Work item: Below is some data. Retype exactly the lines starting at the one with "result.0.now ≡ front" and ending at the one with "let [m, size, opening, text".

** Opening Dataset records block **

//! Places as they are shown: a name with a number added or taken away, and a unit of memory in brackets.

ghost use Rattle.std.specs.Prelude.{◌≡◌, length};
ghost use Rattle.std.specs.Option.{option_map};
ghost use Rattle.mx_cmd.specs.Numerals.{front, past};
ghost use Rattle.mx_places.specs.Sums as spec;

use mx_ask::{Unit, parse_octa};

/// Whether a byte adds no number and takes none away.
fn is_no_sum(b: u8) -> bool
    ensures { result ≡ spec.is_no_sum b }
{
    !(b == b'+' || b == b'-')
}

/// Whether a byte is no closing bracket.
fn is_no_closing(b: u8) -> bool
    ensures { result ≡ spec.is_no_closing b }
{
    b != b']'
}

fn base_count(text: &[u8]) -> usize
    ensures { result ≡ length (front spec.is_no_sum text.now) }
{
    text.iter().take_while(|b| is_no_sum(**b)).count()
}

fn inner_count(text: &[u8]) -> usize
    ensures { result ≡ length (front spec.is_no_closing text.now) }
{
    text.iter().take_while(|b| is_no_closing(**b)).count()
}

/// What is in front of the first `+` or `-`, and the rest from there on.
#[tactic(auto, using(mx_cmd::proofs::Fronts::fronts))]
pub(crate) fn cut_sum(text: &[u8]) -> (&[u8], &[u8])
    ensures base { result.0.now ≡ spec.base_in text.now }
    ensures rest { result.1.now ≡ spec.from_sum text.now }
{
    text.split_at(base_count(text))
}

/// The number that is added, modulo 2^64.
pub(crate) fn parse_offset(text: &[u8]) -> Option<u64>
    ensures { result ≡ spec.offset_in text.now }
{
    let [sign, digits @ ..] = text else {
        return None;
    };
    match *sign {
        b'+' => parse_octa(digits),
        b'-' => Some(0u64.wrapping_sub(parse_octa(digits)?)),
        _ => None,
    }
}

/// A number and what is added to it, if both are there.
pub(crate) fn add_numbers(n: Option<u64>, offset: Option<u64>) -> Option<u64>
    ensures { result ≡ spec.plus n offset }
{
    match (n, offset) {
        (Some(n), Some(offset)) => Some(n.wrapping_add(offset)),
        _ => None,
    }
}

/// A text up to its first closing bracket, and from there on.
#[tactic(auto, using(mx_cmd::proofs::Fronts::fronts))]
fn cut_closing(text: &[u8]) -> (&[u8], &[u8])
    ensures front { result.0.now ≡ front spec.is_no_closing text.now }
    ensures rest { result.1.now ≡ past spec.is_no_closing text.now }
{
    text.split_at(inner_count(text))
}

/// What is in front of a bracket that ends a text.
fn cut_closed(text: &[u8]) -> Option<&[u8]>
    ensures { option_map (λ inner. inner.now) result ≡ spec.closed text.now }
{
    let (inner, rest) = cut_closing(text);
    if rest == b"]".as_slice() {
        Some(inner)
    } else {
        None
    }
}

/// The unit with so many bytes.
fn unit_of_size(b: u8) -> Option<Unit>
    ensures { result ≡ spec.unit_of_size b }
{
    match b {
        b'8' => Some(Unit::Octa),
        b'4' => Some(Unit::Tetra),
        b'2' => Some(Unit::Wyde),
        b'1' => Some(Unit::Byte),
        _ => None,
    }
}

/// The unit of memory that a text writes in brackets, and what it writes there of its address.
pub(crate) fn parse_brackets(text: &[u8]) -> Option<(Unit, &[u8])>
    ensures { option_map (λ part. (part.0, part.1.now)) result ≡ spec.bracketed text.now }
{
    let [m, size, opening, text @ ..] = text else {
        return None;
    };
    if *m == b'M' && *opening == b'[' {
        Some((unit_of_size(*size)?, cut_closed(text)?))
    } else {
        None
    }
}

** Closing Dataset records block **

Expected answer:
    ensures front { result.0.now ≡ front spec.is_no_closing text.now }
    ensures rest { result.1.now ≡ past spec.is_no_closing text.now }
{
    text.split_at(inner_count(text))
}

/// What is in front of a bracket that ends a text.
fn cut_closed(text: &[u8]) -> Option<&[u8]>
    ensures { option_map (λ inner. inner.now) result ≡ spec.closed text.now }
{
    let (inner, rest) = cut_closing(text);
    if rest == b"]".as_slice() {
        Some(inner)
    } else {
        None
    }
}

/// The unit with so many bytes.
fn unit_of_size(b: u8) -> Option<Unit>
    ensures { result ≡ spec.unit_of_size b }
{
    match b {
        b'8' => Some(Unit::Octa),
        b'4' => Some(Unit::Tetra),
        b'2' => Some(Unit::Wyde),
        b'1' => Some(Unit::Byte),
        _ => None,
    }
}

/// The unit of memory that a text writes in brackets, and what it writes there of its address.
pub(crate) fn parse_brackets(text: &[u8]) -> Option<(Unit, &[u8])>
    ensures { option_map (λ part. (part.0, part.1.now)) result ≡ spec.bracketed text.now }
{
    let [m, size, opening, text @ ..] = text else {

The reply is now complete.